Hey Mihai, Both tops look almost identical. Can you tell what the stopper is made of?


----------



## Mihai (May 21, 2006)

At a closer look I can see the horizontal marks on the broken one. The camera can't take better close-ups, but I'll try again. Oh, and the broken one is dark green with more bubbles then glass and the other is amber.

 The stopper is made from the same hard rubber or composite stuff I found before.


----------



## cowseatmaize (May 21, 2006)

> There is no doubt that this is a machine made bottle, but the rest of bottles were quite recent


 Hey, are you saying the top bottle is ABM internal thread. I would think it would have to be hand tooled. I'm confused about the question.
 If your just asking how some 1900 bottles could be mixed with 1980's stuff there are possibilities, like the whole tip was just a big barn cleanout of 80 years of stuff or the later was tossed on top. Maybe some old stuff was thown on top of a later dump. If it was a filled area the top newer layer would be at the bottom. As a foundation or such was dug down the older would end up on top. Maybe it was a previous dig and the older bottles were taken and they left the new stuff... but missed one. Archeology is cool stuff.


----------



## Mihai (May 21, 2006)

At the first bottle the seam goes right to the top but at the broken neck I can't see any seam, the lip is uneven and the glass is full of bubbles. The tool marks are clear at the shard but not existent at the complete one.

 In the area I found the bottle there is an alley, cut through the hill, that looks recent and I think the builders took the old layers and put on top of new ones. And I have another theory. In this place there are two lakes and a river, used for fishing and boat activities and I found already a spot where maintenance throw the mud dragged from water, full of recent bottles. Maybe the location of the bottle found yesterday is the old place for dumping mud, which can explain the variety of ages.

 What I ask is how old, or new, can be an ABM internal threaded bottle. Some US sources give a span of between 1880 and 1920, but I don't know for sure how long they were ysed un UK. For example in India codd bottles were used until 1970 I think, when they were banned. Dunno y!


----------



## cowseatmaize (May 21, 2006)

Huh? You got me. I can't think of a way for a machine to make an IT in a single stage. It seems like the same as trying to get embossing on the inside of a bottle, I just can't picture how. If a sepeate stage while the glass was still hot enough maybe. There were devices made back around 1850 but the weren't really automatic or full height that I know of. The neck was still finished by hand. Even a full height threaded Mason was cut off and ground down by hand.
 I hope someone has an answer for you (and me).


----------



## Mihai (May 21, 2006)

My knowledge about bottle making is lower then most of the guys on this forum, I cannot sustain a contradictory discusion with any of you, and most of all I don't want to.

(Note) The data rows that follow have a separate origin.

//! Leaves, borrowed from the bytes that spell them.
#![tactic(auto)]

mod ascent;
mod done;
mod done_list;
mod done_rules;
mod entry;
mod head;
mod laws;
mod numbers;
mod record_rules;
mod records;
mod view;

pub use done::Done;
pub use done_list::DoneList;
pub use laws::parts_lie_in_the_bytes;
pub use numbers::Numbers;
pub use records::Records;
pub use view::{LeafView, NotLeaf};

I still have a lot to learn from this forum. I will post as many and as clear pictures I'm able to and I will leave them to do the talking for me.


----------



## Mihai (May 21, 2006)

Please see the seam going all the way on the lip.


----------



## Mihai (May 21, 2006)

And another ungle for the top.


----------



## cowseatmaize (May 21, 2006)

> I still have a lot to learn from this forum.


 We all do, There are many cases where the method is only known by the people who did them. But since they've mostly passed away we can only figure from what's been documented or speculate ourselves. 
 I was trying to be argumentitive in any way.
 As for the lip I do see the seams. Now I'll speculate and hope someone can back me or prove me wrong. I'd be just as happy with either.
 I does look like a seam but I'd guess it was formed in a mold by clamping 2 halves around a matching thread, kind of like pressed glass. Then cutting off and applying it. This is only because my brain still can't think of a way for it to be a fully a automatic single stage process.
 I can think of a way to automate it in 2 stages or by a seprate machine but I don't know if it was ever done that way. It would be similar to above but done by a machine.
  I would guess that such a machine would have been made a while after the Owens, perhaps around 1912.
 Maybe Roger will check in. He's from where most of those were made and may have researched it. grimdigger1 and others may know too, I don't though.


----------



## Mihai (May 21, 2006)

If I would be a 1912 bottle maker who wants to adapt an ABM to making internal thread I would fix a metal bit, like a normal screw bit used for drilling holes but with a bigger length, which can be pull out once the glass settled. 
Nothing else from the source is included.